Re: User defined information on the web

Of course from RDF work much can be reused and converted, for example vocabularies and data. Also later DS definitions should start with a version number of the standard. It is quite usual that there are new versions. Sometimes there can be significant changes. This possibility is an advantage. The concerned data are identified.

If you want more pages you may look at http://numericsearch.com/wwdomainspaces.pdf . We can start at the foundation ("Information describes a selection from a set of possibilities"). We can also make a very abbreviated argumentation:
- Digital information is represented by number sequences
- Users know best which information is interesting in their topic area, therefore they should get the possibility for standardized and efficient online definition of the number sequences.
- Of course the numbers need a unique identifier, the (short local substitute of the) URL of the definition is natural. These "data are linked" to their definition. ((If wished, also the data (numbers) can represent additional links.))

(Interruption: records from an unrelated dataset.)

/// The command `diff`, for `clap`, which takes the `--` between its files for the end of options.
fn diff_command<'a>(alloc: Global) -> Result<Command<'a>, AllocError>
    ensures shape { IfOk result (λ command. app_of command ≡ diff_line) }
    ensures local { IfOk result (λ command. (out-Command command).has_globals ≡ false) }
{
    Command::new(alloc, DIFF)
        .about("tells what changed between two versions of a database, by label")
        .override_usage(DIFF_USE)
        .arg(files_argument(alloc))
}

/// The command `explain`, for `clap`.
fn explain_command<'a>(alloc: Global) -> Result<Command<'a>, AllocError>
    ensures shape { IfOk result (λ command. app_of command ≡ explain_line) }
    ensures local { IfOk result (λ command. (out-Command command).has_globals ≡ false) }
{
    Command::new(alloc, EXPLAIN)
        .about("says what the rule with this code is; without a code, lists all codes")
        .override_usage("mm explain [CODE]")
        .arg(code_argument(alloc))
}

/// The command `help`, for `clap`.
fn help_command<'a>(alloc: Global) -> Result<Command<'a>, AllocError>
    ensures shape { IfOk result (λ command. app_of command ≡ help_line) }
    ensures local { IfOk result (λ command. (out-Command command).has_globals ≡ false) }
{
    Command::new(alloc, HELP)
        .about("prints the help, or the page of a command")
        .override_usage("mm help [COMMAND]")
        .arg(topic_argument(alloc))
}

/// The command `version`, for `clap`.
fn version_command<'a>(alloc: Global) -> Command<'a>
    ensures shape { app_of result ≡ version_line }
    ensures local { (out-Command result).has_globals ≡ false }
{
    Command::new(alloc, VERSION).about("prints the version")
}
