//! What the words of `mm minimize` ask for.

ghost use Rattle.std.specs.Prelude.{◌≡◌, ◌↔◌, List, IfOk, IfErr, IsTrue, codes};
ghost use Rattle.clap.specs.Words.{Text, found_of, rows_of};
ghost use Rattle.mm_verdict.specs.declared.question.Command.TheVariants.{Whole};
ghost use Rattle.mm_verdict.specs.declared.question.WholeQuestion.TheVariants.{Shorter};
ghost use Rattle.mm_words.specs.Words.{Asks, AreMinimizeFlags, Commands, DoAgree};
ghost use Rattle.mm_words.specs.RefusedWords.{IsWordFault};
ghost use Rattle.mm_step.specs.declared.profile.Profile.TheVariants.{Lenient};
ghost use Rattle.mm_words.specs.declared.request.Request.TheVariants.{Run};

use crate::command_line::{ALL, DUPLICATES, FILE, FILES, LIST, MINIMIZE_USE};
use crate::matches::{is_given, label_and_names, named_file, values_of};
use crate::request::Request;
use crate::stop::Stop;
use clap::ArgMatches;
use mm_step::Profile;
use mm_verdict::{Question, WholeQuestion};
use std::alloc::Global;

/// Which flags of `minimize` are given.
#[derive(Clone, Copy)]
struct MinimizeFlags {
    whole: bool,
    all: bool,
    list: bool,
    duplicates: bool,
}

/// Those in the matches of the command.
fn minimize_flags(matches: &ArgMatches) -> MinimizeFlags
    ensures { AreMinimizeFlags (rows_of (found_of matches.now)) result.whole result.all result.list
        result.duplicates }
{
    MinimizeFlags {
        whole: is_given(matches, FILE),
        all: is_given(matches, ALL),
        list: is_given(matches, LIST),
        duplicates: is_given(matches, DUPLICATES),
    }
}

/// Whether flags of `minimize` stand beside each other: `--file` and `--list` each alone, and
/// `--duplicates` beside `--all`.
fn do_agree(flags: MinimizeFlags) -> bool
    ensures { IsTrue result ↔ DoAgree flags.whole flags.all flags.list flags.duplicates }
{
    match (flags.whole, flags.list) {
        (true, list) => !flags.all && !list && !flags.duplicates,
        (false, true) => !flags.all && !flags.duplicates,
        (false, false) => flags.all || !flags.duplicates,
    }
}

/// The request to list the proofs in the files with these names that become shorter.
fn listed_request(names: Vec<&str>) -> Request<'_>
    ensures { result ≡ Run (Whole Lenient Shorter) names.entry }
{
    Request::Run {
        command: mm_verdict::Command::Whole {
            profile: Profile::Lenient,
            question: WholeQuestion::Shorter,
        },
        names,
    }
}

/// What the matches of the command `minimize` ask for.
pub(crate) fn minimize_request<'a>(
    alloc: Global,
    matches: &ArgMatches<'a>,
) -> Result<Request<'a>, Stop<'a>>
    ensures request { IfOk result (λ request. (words : List Text)
        → Commands words (codes "minimize") (rows_of (found_of matches.now))
        → Asks words request) }
    ensures fault { IfErr result (λ stop. (words : List Text)
        → Commands words (codes "minimize") (rows_of (found_of matches.now))
        → IsWordFault words stop) }
{
    let words = values_of(alloc, matches, FILES)?;
    let flags = minimize_flags(matches);
    if !do_agree(flags) {
        return Err(Stop::Usage(format!(in alloc;
            "mm: --file and --list stand alone, and --duplicates beside --all
Usage: {MINIMIZE_USE}
"
        )?));
    }
    if flags.list {
        return Ok(listed_request(words));
    }
    if flags.all {
        let (file, names) = named_file(alloc, &words, MINIMIZE_USE)?;
        let command = mm_verdict::Command::Shorter {
            file,
            duplicates: flags.duplicates,
        };
        return Ok(Request::Run { command, names });
    }
    let (label, names) = label_and_names(alloc, &words, MINIMIZE_USE)?;
    let command = mm_verdict::Command::About {
        label: label.as_bytes(),
        question: Question::Minimized { whole: flags.whole },
    };
    Ok(Request::Run { command, names })
}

The arguments are simple and clear.

If this topic today this is too much, you need not decide at once. I recommend to think in detail about this, also about today's unnecessary complications like interoperability problems. Standardized online definitions of data have many advantages, also for search, reusage.

Wolfgang


Am 13.01.2017 um 21:03 schrieb Annette Greiner:
> This sounds like an idea for the IEFT more than W3C. I think it is quite far beyond the scope of our best practices document to discuss a proposed new technology that has not been generally adopted, let alone proven to be a best practice.
>
> -Annette

Am 13.01.2017 um 20:03 schrieb Martynas Jusevičius:
> Wolfgang,
>
> are you suggesting that 20 years of work on the RDF stack should be
> replaced by something based on a 5-page PDF?